## What you should do
Each entry must be printed again without a single change.

## Data for review
********************
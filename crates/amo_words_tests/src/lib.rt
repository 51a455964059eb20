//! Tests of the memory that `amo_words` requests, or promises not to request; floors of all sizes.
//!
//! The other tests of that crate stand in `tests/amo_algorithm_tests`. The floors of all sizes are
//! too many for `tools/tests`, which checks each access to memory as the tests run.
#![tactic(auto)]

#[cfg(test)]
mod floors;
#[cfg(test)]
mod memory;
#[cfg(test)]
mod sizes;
********************
## Result below
filename crates/amo_words_tests/src/lib.rt
repository 51a455964059eb20
//! Tests of the memory that `amo_words` requests, or promises not to request; floors of all sizes.
//!
//! The other tests of that crate stand in `tests/amo_algorithm_tests`. The floors of all sizes are
//! too many for `tools/tests`, which checks each access to memory as the tests run.
#![tactic(auto)]

#[cfg(test)]
mod floors;
#[cfg(test)]
mod memory;
#[cfg(test)]
mod sizes;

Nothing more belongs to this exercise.